• [MATERIAL PROVIDED]:
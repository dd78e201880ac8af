//! What each file of a command gives. Want of memory and a failure aside, the files that are held decide it.
ghost use Rattle.std.specs.Prelude.{◌≡◌, IfOk, IsErrOf, option_map};
ghost use Rattle.std.specs.Bool.{OnFalse};
ghost use Rattle.kid_outer.specs.Causes.{Rose, NeverFall};
ghost use Rattle.kid_kernel.specs.TheoryView.{plain_theory};
ghost use Rattle.kid_theory.specs.IsRead.{IsRead};
ghost use Rattle.kid_theory.specs.Reading.{theory_reading};
ghost use Rattle.kid_prog.specs.ProgramView.{plain_program};
ghost use Rattle.kid_prog.specs.Loading.{loading};
ghost use Rattle.kid_prog.specs.Rules.{IsRunnable};
ghost use Rattle.kid_run.specs.InputReading.{inputs_reading, envs_of, AllFit};
ghost use Rattle.kid_top.specs.Failed.{has_failed};
ghost use Rattle.kid_top.specs.Files.{script_file};
ghost use Rattle.kid_top.specs.Outcome.{load_stage, stage, theory_or, theory_stage, program_or, program_stage, inputs_or, inputs_stage, Outcomes, Comes};

use crate::files::script_file;
use crate::refusal::Refusal;
use crate::stop::Stop;
use kid_kernel::Theory;
use kid_outer::{LoadAnswer, Store};
use kid_prog::{LoadCode, LoadFault, Program};
use kid_run::{InputFault, Inputs, read_inputs};
use kid_theory::{TheoryCode, TheoryFault, read_theory};
use std::alloc::Global;

/// A file has no more bytes.
const MAX_FILE: u64 = 4194304;

/// The bytes of a file, and None where there are too many.
fn load<S: Store>(
    alloc: Global,
    store: &mut S,
    name: &str,
    file: u8,
) -> Result<Option<Vec<u8>>, Stop>
    ensures outcome { Outcomes (S.held store.old) (option_map (λ bytes. bytes.items)) result (λ files. load_stage file (files name.now)) }
    ensures held { S.held store.new ≡ S.held store.old }
    ensures failed { IsErrOf result Stop.Failed → Rose (S.faults store.old name.now) (S.faults store.new name.now) }
    ensures still { OnFalse (has_failed result) (S.faults store.new ≡ S.faults store.old) }
    ensures later { NeverFall (S.faults store.old) (S.faults store.new) }
    ensures fits { IsErrOf result Stop.Usage → ⊥ }
{
    match store.load(alloc, name, MAX_FILE) {
        Ok(bytes) => Ok(Some(bytes)),
        Err(LoadAnswer::Failed) => Err(Stop::Failed),
        Err(LoadAnswer::Absent) => Err(Stop::Absent(file)),
        Err(LoadAnswer::Large) => Ok(None),
        Err(LoadAnswer::Memory) => Err(Stop::Memory),
    }
}

/// The theory that the bytes spell.
fn theory_from(alloc: Global, bytes: &[u8]) -> Result<Theory, Stop>
    ensures comes { Comes plain_theory result (theory_or (theory_reading bytes.now)) }
    ensures theory { IfOk result (λ t. IsRead (plain_theory t)) }
    ensures failed { IsErrOf result Stop.Failed → ⊥ }
    ensures fits { IsErrOf result Stop.Usage → ⊥ }
{
    match read_theory(alloc, bytes) {
        Ok(theory) => Ok(theory),
        Err(
            TheoryFault {
                code: TheoryCode::Memory,
                ..
            },
        ) => Err(Stop::Memory),
        Err(fault) => Err(Stop::Theory(fault)),
    }
}

/// The theory that the first file spells.
pub fn theory_stage<S: Store>(alloc: Global, store: &mut S, name: &str) -> Result<Theory, Stop>
    ensures outcome { Outcomes (S.held store.old) plain_theory result (λ files. theory_stage 1 (files name.now)) }
    ensures theory { IfOk result (λ t. IsRead (plain_theory t)) }
    ensures held { S.held store.new ≡ S.held store.old }
    ensures failed { IsErrOf result Stop.Failed → Rose (S.faults store.old name.now) (S.faults store.new name.now) }
    ensures still { OnFalse (has_failed result) (S.faults store.new ≡ S.faults store.old) }
    ensures later { NeverFall (S.faults store.old) (S.faults store.new) }
    ensures fits { IsErrOf result Stop.Usage → ⊥ }
{
    let Some(bytes) = load(alloc, store, name, 1)? else {
        return Err(Stop::Theory(TheoryFault {
            form: 0,
            code: TheoryCode::Large,
        }));
    };
    theory_from(alloc, &bytes)
}

/// Whether the second file spells the script.
pub fn script_stage<S: Store>(alloc: Global, store: &mut S, name: &str) -> Result<(), Stop>
    ensures outcome { Outcomes (S.held store.old) (λ u. u) result (λ files. stage 2 script_file (files name.now)) }
    ensures held { S.held store.new ≡ S.held store.old }
    ensures failed { IsErrOf result Stop.Failed → Rose (S.faults store.old name.now) (S.faults store.new name.now) }
    ensures still { OnFalse (has_failed result) (S.faults store.new ≡ S.faults store.old) }
    ensures later { NeverFall (S.faults store.old) (S.faults store.new) }
    ensures fits { IsErrOf result Stop.Usage → ⊥ }
{
    let Some(bytes) = load(alloc, store, name, 2)? else {
        return Err(Stop::Unbuilt(2));
    };
    match script_file(alloc, &bytes) {
        Ok(()) => Ok(()),
        Err(Refusal::Unbuilt) => Err(Stop::Unbuilt(2)),
        Err(Refusal::Memory) => Err(Stop::Memory),
    }
}

/// The program that the bytes spell.
fn program_from(alloc: Global, bytes: &[u8]) -> Result<Program, Stop>
    ensures comes { Comes plain_program result (program_or (loading bytes.now)) }
    ensures runnable { IfOk result (λ p. IsRunnable (plain_program p)) }
    ensures failed { IsErrOf result Stop.Failed → ⊥ }
    ensures fits { IsErrOf result Stop.Usage → ⊥ }
{
    match kid_prog::load(alloc, bytes) {
        Ok(program) => Ok(program),
        Err(
            LoadFault {
                code: LoadCode::Memory,
                ..
            },
        ) => Err(Stop::Memory),
        Err(fault) => Err(Stop::Program(fault)),
    }
}

/// The program that the first file spells.
pub fn program_stage<S: Store>(alloc: Global, store: &mut S, name: &str) -> Result<Program, Stop>
    ensures outcome { Outcomes (S.held store.old) plain_program result (λ files. program_stage 1 (files name.now)) }
    ensures runnable { IfOk result (λ p. IsRunnable (plain_program p)) }
    ensures held { S.held store.new ≡ S.held store.old }
    ensures failed { IsErrOf result Stop.Failed → Rose (S.faults store.old name.now) (S.faults store.new name.now) }
    ensures still { OnFalse (has_failed result) (S.faults store.new ≡ S.faults store.old) }
    ensures later { NeverFall (S.faults store.old) (S.faults store.new) }
    ensures fits { IsErrOf result Stop.Usage → ⊥ }
{
    let Some(bytes) = load(alloc, store, name, 1)? else {
        return Err(Stop::Program(LoadFault {
            form: 0,
            code: LoadCode::Large,
        }));
    };
    program_from(alloc, &bytes)
}

/// The inputs that the bytes spell.
fn inputs_from(alloc: Global, program: &Program, bytes: &[u8]) -> Result<Inputs, Stop>
    ensures comes { Comes (envs_of (plain_program program.now).inputs) result (inputs_or (plain_program program.now).inputs (inputs_reading (plain_program program.now).inputs bytes.now)) }
    ensures fit { IfOk result (λ inputs. AllFit (plain_program program.now).inputs inputs) }
    ensures failed { IsErrOf result Stop.Failed → ⊥ }
    ensures fits { IsErrOf result Stop.Usage → ⊥ }
{
    match read_inputs(alloc, program, bytes) {
        Ok(inputs) => Ok(inputs),
        Err(InputFault::Form(number)) => Err(Stop::Inputs(number)),
        Err(InputFault::Memory) => Err(Stop::Memory),
    }
}

/// The inputs of a program that the file with this number spells.
pub fn inputs_stage<S: Store>(
    alloc: Global,
    store: &mut S,
    program: &Program,
    name: &str,
    file: u8,
) -> Result<Inputs, Stop>
    ensures outcome { Outcomes (S.held store.old) (envs_of (plain_program program.now).inputs) result (λ files. inputs_stage file (plain_program program.now).inputs (files name.now)) }
    ensures fit { IfOk result (λ inputs. AllFit (plain_program program.now).inputs inputs) }
    ensures held { S.held store.new ≡ S.held store.old }
    ensures failed { IsErrOf result Stop.Failed → Rose (S.faults store.old name.now) (S.faults store.new name.now) }
    ensures still { OnFalse (has_failed result) (S.faults store.new ≡ S.faults store.old) }
    ensures later { NeverFall (S.faults store.old) (S.faults store.new) }
    ensures fits { IsErrOf result Stop.Usage → ⊥ }
{
    let Some(bytes) = load(alloc, store, name, file)? else {
        return Err(Stop::Inputs(0));
    };
    inputs_from(alloc, program, &bytes)
}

• [TASK DIRECTIONS]: Among the lines above, return those that contain the string "InputFault".

• [YOUR SOLUTION]:
use kid_run::{InputFault, Inputs, read_inputs};
        Err(InputFault::Form(number)) => Err(Stop::Inputs(number)),
        Err(InputFault::Memory) => Err(Stop::Memory),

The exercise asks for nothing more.